To supress stop-and-go oscillations, we introduce the macroscopic Aw-Rascle-Zhang traffic model, consisting of second-order nonlinear hyperbolic PDEs that govern dynamics of traffic density and velocity. The hetero-directional propagations of information in congested traffic generate the instabilities, motivating us to the stabilization problem for a coupled $2\times 2$ hyperbolic system. Using the backstepping method, a full-state feedback control is designed for ramp metering at outlet to actuate the outgoing traffic flow. We design boundary observer for state estimation and combine it with the full state feedback control to construct an output feedback controller. The observer design is validated with traffic field data. Under model parameter uncertainties, adaptive control design is proposed with on-line parameter estimation. Furthermore, we develop output feedback boundary control for two types of $4\times4$ nonlinear hyperbolic PDEs which arise from two-lane and two-class traffic congestion. Stabilization of two-lane traffic involves regulation of the lane-changing interactions with lane-specific varying speed limits while stabilization of two-class traffic tackles the heterogeneity of vehicles and drivers.
A moving traffic shockwave, caused by changes of local road situations, segregates light traffic upstream and heavy traffic downstream. This density discontinuity travels upstream. As a result, drivers caught in the shockwave experience transitions from free to congested traffic. The interface position is governed by an ordinary differential equation (ODE) dependent on the density of the PDE states, described with Lighthill-Whitham-Richards model. For the coupled PDE-ODE system, the predictor feedback design is applied to compensate the state-dependent input delays. We design bilateral boundary controllers to drive the moving shockwave front to a desirable setpoint position, hindering the upstream propagation of the traffic congestion.

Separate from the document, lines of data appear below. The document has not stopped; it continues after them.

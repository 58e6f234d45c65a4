//! A round in which a process starts and ends, by computation.
ghost use Rattle.std.specs.Prelude.{[], ◌∷◌, ◌≡◌, ◌<◌, ◌+◌, ℕ, IsTrue, pos, true};
ghost use Rattle.model.specs.Types.{Ended, Events, Launched, Released, Started};
ghost use Rattle.model.specs.History.{list_of};
ghost use Rattle.model.specs.Network.{IsTree};
ghost use Rattle.rest_laws.specs.AtRest.{pair};
ghost use Rattle.rest_laws.specs.Gains.{gained};
ghost use Rattle.rest_laws.specs.Left.{caps_of, entries, left};
ghost use Rattle.rest_laws.specs.Rounds.{AreLinked};
ghost use Rattle.rest_laws.specs.Short.{are_answers_short};
ghost use Rattle.rest_laws.specs.ToRest.{ComesToRest};
ghost use Rattle.launches_at_rest.specs.Tells.{tells_left};
ghost use Rattle.launches_at_rest.specs.Rounds.{AreWorkingRounds};
ghost use Rattle.launches_at_rest.specs.Told.{IsWorkingRound};
ghost use Rattle.launches_at_rest.specs.Worked.{free_begun, free_ended, work_begun, work_clocks, work_ended, work_readings, work_round};

/// All that is asked of a round can be met while something happens in it: an agent launches its job, the process starts and
/// ends, and the master hears of the launch.
pub fn an_agent_works()
    ensures tree { IsTree pair }
    ensures linked { AreLinked pair work_begun }
    ensures round { IsWorkingRound pair (work_clocks 0) work_begun work_round work_ended }
    ensures rounds { AreWorkingRounds pair work_readings work_clocks 1 work_begun work_ended }
    ensures events { list_of work_ended.history (Events 1) ≡ Released 1 ((0, 1) ∷ []) ∷ Launched 1 1 ((0, 1) ∷ (1, 1) ∷ [])
        ∷ Started 1 1 ∷ Ended 1 1 (pos 0) true ∷ [] }
    ensures known { work_ended.holdings 0 (Events 1) ≡ 2 }
    ensures gains { gained pair work_begun < gained pair work_ended }
{}

/// What is asked of a world so that its network comes to rest again can be met too, with a launch, its start and its end to
/// come; and it does.
pub fn an_agent_comes_to_rest()
    ensures short { IsTrue (are_answers_short pair free_begun) }
    ensures few { entries pair free_begun
        + (left pair (caps_of pair free_begun) work_readings free_begun + tells_left pair (caps_of pair free_begun) free_begun)
        < 4294967295 }
    ensures told { list_of free_ended.history (Events 1) ≡ Released 1 ((0, 1) ∷ []) ∷ Launched 1 1 ((0, 1) ∷ (1, 1) ∷ [])
        ∷ Started 1 1 ∷ Ended 1 1 (pos 0) true ∷ [] }
    ensures comes { ComesToRest pair work_readings work_clocks free_ended }
{}
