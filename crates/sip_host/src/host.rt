//! A host's agent: events go in, rounds run, outputs come out.

ghost use Rattle.std.specs.Prelude.{◌≡◌, ◌⊎◌, Option, ◌<◌, ◌≤◌, ◌+◌, ◌∷◌, [], ℕ, List, IfOk, IfSome, Err, None, Ok, OnErr, OnOk, Some, length, false, nat_lt, true, if◌then◌else◌};
ghost use Rattle.std.specs.List.{AllByRecursion, slice_get};
ghost use Rattle.std.specs.Option.{option_copied, option_map};
ghost use Rattle.sip_clients.specs.Name.{opening_tag};
ghost use Rattle.sip_timers.specs.Queue.{is_due};
ghost use Rattle.sip_round.specs.Answers.{StandsFor};
ghost use Rattle.sip_round.specs.NextDue.{IsDueAfter, IsQuietAfter};
ghost use Rattle.sip_round.specs.Places.{datagram_at, event_at};
ghost use Rattle.sip_round.specs.declared.config.Config.{Config as AConfig};
ghost use Rattle.sip_round.specs.declared.round.Round.{Round as ARound};
ghost use Rattle.sip_message.specs.declared.message.Message.{Message};
ghost use Rattle.sip_reader.specs.Head.{HasHeaderLines};
ghost use Rattle.sip_reader.specs.Spells.{Answers};
ghost use Rattle.sip_reader.specs.declared.first_line.FirstLine.{FirstLine as AFirstLine};
ghost use Rattle.sip_reader.specs.declared.untyped_line.HeaderLine.{HeaderLine as AHeaderLine};
ghost use Rattle.sip_files.specs.Given.{with_given};
ghost use Rattle.sip_round.specs.declared.round.Event.TheVariants.{Command};
ghost use Rattle.sip_host.specs.Asking.{TakesCommand, TakesHeader, command_of, without_headers};
ghost use Rattle.sip_host.specs.Handing.{datagram_in, head_of, length_of_line, line_text, lines_text, put_if, put_in, start_of, start_text, text_of, values_text};
ghost use Rattle.sip_host.specs.Hosting.{Begins, BeginsAt, HasLinesAt, HasValuesAt, HoldsSo, RunsRound, TakesDatagram, TakesFailure, TakesLine, TakesLines, TellsIfItBegins, after_one, after_taking, last_events, last_id_of, output_at, shard_of, with_events};
ghost use Rattle.sip_host.specs.Traits.{TellsTraitsAt};
ghost use Rattle.sip_host.specs.Resuming.{GoesOn, Resumes, is_idle, text_of_round};
ghost use Rattle.sip_files.specs.Rounds.{SpellsRound};
ghost use Rattle.sip_files.specs.Written.{FitsSession};
ghost use Rattle.sip_round.specs.AgentState.{refusal_of};
ghost use Rattle.sip_round.specs.declared.round_fault.RoundFault.TheVariants as round_fault;
ghost use Rattle.sip_host.specs.declared.field.Field.TheVariants as field;
ghost use Rattle.sip_host.specs.declared.host_fault.HostFault.TheVariants as fault;

use crate::asking::command_of;
use crate::field::Field;
use crate::fields::CommandFields;
use crate::given::header_of;
use crate::handing::{failure_of, put, put_line, put_output, put_start};
use crate::header_texts as texts;
use crate::holdings::Holdings;
use crate::host_fault::HostFault;
use crate::line_length::LineLength;
use crate::next_output::NextOutput;
use crate::request_traits::{self, RequestTraits};
use crate::resume_fault::ResumeFault;
use crate::session_events::SessionEvents;
use crate::session_round::SessionRound;
use crate::start_length::StartLength;
use sip_files::{
    GivenHeader, first_round_of, read_event_line, read_event_lines, read_round, with_given,
};
use sip_message::{Addr, Id, ReadFault, Spread, Token};
use sip_reader::{FirstLine, HeaderLine, header_lines, header_values, read, start_line};
use sip_round::{
    Agent, Config, Event, MAX_EVENTS_OF_ROUND, NoMemory, PlacedOutput, Round, RoundFault,
    datagram_at, event_at,
};
use sip_text::{Series, Text};
use std::alloc::{AllocError, Global};
use std::mem;

/// One user agent, the headers of its next command, the events of its next round, and its last
/// round with the outputs.
#[derive(Drop)]
pub struct Host {
    alloc: Global,
    agent: Agent<Spread>,
    // The headers of the next command that is made of fields.
    headers: Series<GivenHeader>,
    events: SessionEvents,
    last_round: Option<SessionRound>,
    outputs: Vec<PlacedOutput>,
    taken: usize,
}
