// What the moves of a link, 0 or 1, weigh, between two layouts.
fn link_weight(sizes: &[u64], taken: usize, earlier: usize, later: usize) -> Weight
    requires sizes_len { (length sizes.now ≡ 512) × ((k : ℕ) → get_or sizes.now k 0 ≤ 2 ^ 41) }
    requires taken_bound { (taken ≤ 1) × (earlier < 512) × (later < 512) }
    ensures { (value_of result
        ≡ taken * price (get_or sizes.now earlier 0) (get_or sizes.now later 0) * scale) × Good result }
{
    let cost = (taken as u64) * move_price(sizes[earlier], sizes[later]);
    Weight {
        top: cost * 8,
        high: 0,
        mid: 0,
        low: 0,
    }
}

// The least weights over the places of station v, its parent u at place a, with each number of moves left at the link.
fn reach_row(
    sizes: &[u64],
    moved: &[usize],
    table: &[u64],
    u: usize,
    v: usize,
    count: usize,
    a: usize,
    room: &mut [u64],
    columns: usize,
)
    requires priced { Priced sizes.now moved.now × Space table.now table_words × Space room.old room_words }
    requires u_bound { (u < 64) × (v < 64) × (count ≤ 8) × (a < 8) × Columns columns }
    ensures { Row room.old room.new a columns (λ k. lowest far_weight count
        (linked sizes.now moved.now table.now u v a k)) }
{
    start_row(room, a, far(), columns);
    for b in 0..count {
        let taken = moved[(v * MAX_LAYOUTS + a) * MAX_LAYOUTS + b];
        let extra = link_weight(sizes, taken, u * MAX_LAYOUTS + a, v * MAX_LAYOUTS + b);
        lower_row(room, a, table, v * MAX_LAYOUTS + b, taken, extra, columns);
    }
}

// The same for each place of u, a row of the room for each.
fn reach(
    sizes: &[u64],
    moved: &[usize],
    table: &[u64],
    u: usize,
    v: usize,
    places: usize,
    count: usize,
    room: &mut [u64],
    columns: usize,
)
    requires priced { Priced sizes.now moved.now × Space table.now table_words × Space room.old room_words }
    requires u_bound { (u < 64) × (v < 64) × (places ≤ 8) × (count ≤ 8) × Columns columns }
    ensures { Rows room.old room.new 0 places columns (λ a k. lowest far_weight count
        (linked sizes.now moved.now table.now u v a k)) }
{
    for a in 0..places {
        reach_row(sizes, moved, table, u, v, count, a, room, columns);
    }
}

// Joins a row of the room to one weight, whatever the moves left: the least over the room's entries up to each.
fn join_first(table: &mut [u64], row: usize, own: Weight, room: &[u64], a: usize, columns: usize)
    requires space { Space table.old table_words × Space room.now room_words × Good own }
    requires row_bound { (row < 512) × (a < 8) × (columns ≤ 64) }
    ensures { Row table.old table.new row columns
        (together (λ k. value_of own) room.now a) }
{
    let mut best = far();
    for k in 0..columns {
        best = best.min(sum(own, load(room, a * COLUMNS + k)));
        store(table, row * COLUMNS + k, best);
    }
}

// Joins a row of the room to a row of the table: the least over the splits of the moves.
fn join_further(table: &mut [u64], row: usize, room: &mut [u64], a: usize, columns: usize)
    requires space { Space table.old table_words × Space room.old room_words }
    requires row_bound { (row < 512) × (a < 8) × (columns ≤ 64) }
    ensures { Row table.old table.new row columns
        (together (λ k. weight_at table.old (row * 64 + k)) room.old a)
        × Kept room.old room.new }
{
    start_row(room, WORK_ROW, far(), columns);
    for j in 0..columns {
        let extra = load(room, a * COLUMNS + j);
        lower_row(room, WORK_ROW, table, row, j, extra, columns);
    }
    copy_row(table, row, room, columns);
}

// Does a station after v name u as its parent?
fn has_child(parents: &[usize], n: usize, u: usize, v: usize) -> bool
    requires { (length parents.now ≡ 64) × (n ≤ 64) × (v < n) }
    ensures { result ≡ named parents.now u (v + 1) (n - (v + 1)) }
{
    parents[v + 1..n].contains(&u)
}

// 8 to the power x.
fn eights(x: usize) -> u64
    requires { x ≤ 20 }
    ensures value { result ≡ 8 ^ x }
    ensures upper_bound { result ≤ 2 ^ 60 }
{
    8u64.pow(x as u32)
}

// The weight of place b of station i alone.
fn own_of(sizes: &[u64], cells: u64, i: usize, b: usize) -> Weight
    requires { (length sizes.now ≡ 512) × (cells ≤ 2 ^ 40) × (i < 64) × (b < 8) }
    ensures { (value_of result ≡ own_at sizes.now cells i b) × Good result }
{
    let size = sizes[i * MAX_LAYOUTS + b];
    if cells < size {
        return far();
    }
    let digit = b as u64;
    let mut w = Weight {
        top: size * 8,
        high: 0,
        mid: 0,
        low: 0,
    };
    if i == 0 {
        w.top += digit;
    } else if i < 22 {
        w.high = digit * eights(21 - i);
    } else if i < 43 {
        w.mid = digit * eights(42 - i);
    } else {
        w.low = digit * eights(63 - i);
    }
    w
}

// A station's own weights, whatever the moves left.
fn start_station(
    sizes: &[u64],
    cells: u64,
    i: usize,
    count: usize,
    table: &mut [u64],
    columns: usize,
)
    requires sizes_len { (length sizes.now ≡ 512) × (cells ≤ 2 ^ 40) × Space table.old table_words }
    requires i_bound { (i < 64) × (count ≤ 8) × (columns ≤ 64) }
    ensures { Rows table.old table.new (i * 8) count columns
        (λ b k. own_at sizes.now cells i b) }
{
    for b in 0..count {
        start_row(
            table,
            i * MAX_LAYOUTS + b,
            own_of(sizes, cells, i, b),
            columns,
        );
    }
}

// The rows of station v: its own weights where no child of it is merged.
fn ready(
    sizes: &[u64],
    cells: u64,
    v: usize,
    count: usize,
    merged: bool,
    table: &mut [u64],
    columns: usize,
)
    requires sizes_len { (length sizes.now ≡ 512) × (cells ≤ 2 ^ 40) × Space table.old table_words }
    requires v_bound { (v < 64) × (count ≤ 8) × (columns ≤ 64) }
    ensures { Rows table.old table.new (v * 8) count columns
        (held merged table.old sizes.now cells v) }
{
    if !merged {
        start_station(sizes, cells, v, count, table, columns);
    }
}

Traffic on a freeway segment with capacity drop at outlet causes a downstream bottleneck. Traffic congestion forms because the traffic at the outlet overflows its capacity. Therefore the incoming flow of the segment needs to be regulated so that the outgoing traffic at the bottleneck area is discharged with its maximum flow rate. Since the traffic dynamics of the bottleneck is hard to model, we apply extremum seeking control, a model free approach for real-time optimization, to obtain the optimal input density at the inlet. The predictor feedback design is combined with the extremum seeking to compensate the delay effect of traffic state of the segment. The maximum flow rate is achieved at the bottleneck by regulating its upstream density at the inlet.